In der Zwischenzeit war die Ehefrau des Patienten erreicht worden und berichtete, dass ihr Mann in der Vorgeschichte vor einigen Jahren bereits einen kleinen Schlaganfall ohne bleibende Folgen und einen Herzinfarkt mit kardialem Stenting erlitten habe. Dauermedikation: ASS 100 mg, Candesartan 16 mg, Atorvastatin 40 mg, Tamsulosin.

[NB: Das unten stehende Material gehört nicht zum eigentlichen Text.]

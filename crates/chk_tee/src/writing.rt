//! Messages of a tee, written.

ghost use Rattle.std.specs.Prelude.{◌≡◌, ◌<◌, ◌≤◌, ◌^◌, ◌++◌, ◌∷◌, [], List, length, take};
ghost use Rattle.std.specs.Prelude.{IsTrue, IfOk, OnOk, OnErr, All};
ghost use Rattle.chk_bytes.specs.Stems.{is_stem, stem_text};
ghost use Rattle.chk_bytes.specs.Numbers.{be32, with_length};
ghost use Rattle.chk_chunk.specs.Keys.{counted, is_key, written_key};
ghost use Rattle.chk_chunk.specs.Lent.{lent_chunk};
ghost use Rattle.chk_tee.specs.Messages.{IsTee, is_teed, tee_limit, tee_mark, most_teed};
ghost use Rattle.chk_tee.specs.Messages.{written_tee, written_teed, written_teeds};
ghost use Rattle.chk_tee.specs.Filters.{passing};
ghost use Rattle.chk_tee.specs.Lent.{lent_teed, lent_teeds, AreValidTeeds};

use crate::{Filter, Teed};
use chk_bytes::{Bytes, NoMemory, Stem, put_u16, put_u32, put_u64};
use chk_chunk::{ChunkRef, write_key};
use std::alloc::Global;

/// The message of these chunks. Each byte of a chunk is copied, and where the message grows past its
/// memory the message too.
pub fn write_tee(alloc: Global, items: &[Teed<'_>]) -> Result<Bytes, NoMemory>
    requires some { 0 < length items.now }
    requires few { length items.now ≤ most_teed }
    requires valid { AreValidTeeds items.now }
    requires fits { length (written_tee (lent_teeds items.now)) ≤ tee_limit }
    ensures bytes { IfOk result (λ tee. tee ≡ written_tee (lent_teeds items.now)) }
    ensures tee { IfOk result (λ tee. IsTee (lent_teeds items.now) tee) }
{
    let mut out = Bytes::new(alloc);
    let mut part = Bytes::new(alloc);
    out.push_all(b"CHKT\x01")?;
    put_u32(&mut out, items.len() as u32)?;
    for item in items {
        push_teed(&mut out, &mut part, item)?;
    }
    Ok(out)
}

/// Appends what stands before the chunks of a message: the mark, the version and how many chunks
/// there are.
pub fn put_tee_head(out: &mut Bytes, count: u32) -> Result<(), NoMemory>
    ensures { OnOk result (out.new ≡ out.old ++ (tee_mark ++ be32 count)) }
{
    out.push_all(b"CHKT\x01")?;
    put_u32(out, count)
}

/// Appends the chunk behind its stem and its offset, where it passes. `part` is used for what is
/// counted. Each byte of the chunk is copied once, and where `out` has to grow once more.
pub fn push_passing(
    out: &mut Bytes,
    part: &mut Bytes,
    filter: &Filter,
    item: &Teed<'_>,
) -> Result<(), NoMemory>
    requires { IsTrue (is_teed (lent_teed item.now)) }
    ensures { OnOk result (out.new ≡ out.old ++ written_teeds (passing filter.now (lent_teed item.now ∷ []))) }
{
    if !filter.passes(&item.chunk) {
        return Ok(());
    }
    push_teed(out, part, item)
}

// Appends the chunk behind its stem and its offset. `part` is used for what is counted.
fn push_teed(out: &mut Bytes, part: &mut Bytes, item: &Teed<'_>) -> Result<(), NoMemory>
    requires { IsTrue (is_teed (lent_teed item.now)) }
    ensures { OnOk result (out.new ≡ out.old ++ written_teed (lent_teed item.now)) }
{
    push_stem(out, part, &item.stem)?;
    put_u64(out, item.offset)?;
    push_key(out, part, &item.chunk)?;
    put_u32(out, item.chunk.body.len() as u32)?;
    out.push_all(item.chunk.body)
}

fn push_stem(out: &mut Bytes, part: &mut Bytes, stem: &Stem) -> Result<(), NoMemory>
    requires { IsTrue (is_stem stem.now) }
    ensures { OnOk result (out.new ≡ out.old ++ counted (stem_text stem.now)) }
{
    part.truncate(0);
    stem.write(part)?;
    put_u16(out, part.len() as u16)?;
    out.push_all(part.as_slice())
}

fn push_key(out: &mut Bytes, part: &mut Bytes, chunk: &ChunkRef<'_>) -> Result<(), NoMemory>
    requires { IsTrue (is_key (lent_chunk chunk.now).key) }
    ensures { OnOk result (out.new ≡ out.old ++ with_length (written_key (lent_chunk chunk.now).key)) }
{
    part.truncate(0);
    write_key(part, chunk)?;
    put_u32(out, part.len() as u32)?;
    out.push_all(part.as_slice())
}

Da sich der Patient trotz globaler Aphasie weitgehend ruhig verhielt, erfolgte die Angiografie ohne Narkose in Stand-by durch die Anästhesie. Die Leistenpunktion gelang problemlos (Door-to-Groin-Zeit von 48 Minuten). In der Angiografie zeigte sich weiterhin ein Verschluss der A. cerebri media links im Bereich der Trifurkation, die Rekanalisation gelang unter Einsatz eines Stent-Retrievers mit dem zweiten Retrieval vollständig (TICI 3). Breits unmittelbar nach Rekanalisation besserte sich die Hemiparese und der Patient konnte den Arm heben, während die Aphasie persistierte. Die weitere Überwachung erfolgte in der Stroke-Unit, wo sich auch die klinische Symptomatik im Verlauf der nächsten 24 Stunden weiter verbesserte. Am Folgetag zeigte sich im Kontroll-CT ein kleiner demarkierter Infarkt im Bereich der vorderen Insel und des vorderen Operkulums bei leichter verbleibender Aphasie, leichter Dysarthrie und fazialer Parese lag der NIHSS bei 4. Am Monitor zeigte sich in der Nacht intermittierendes Vorhofflimmern.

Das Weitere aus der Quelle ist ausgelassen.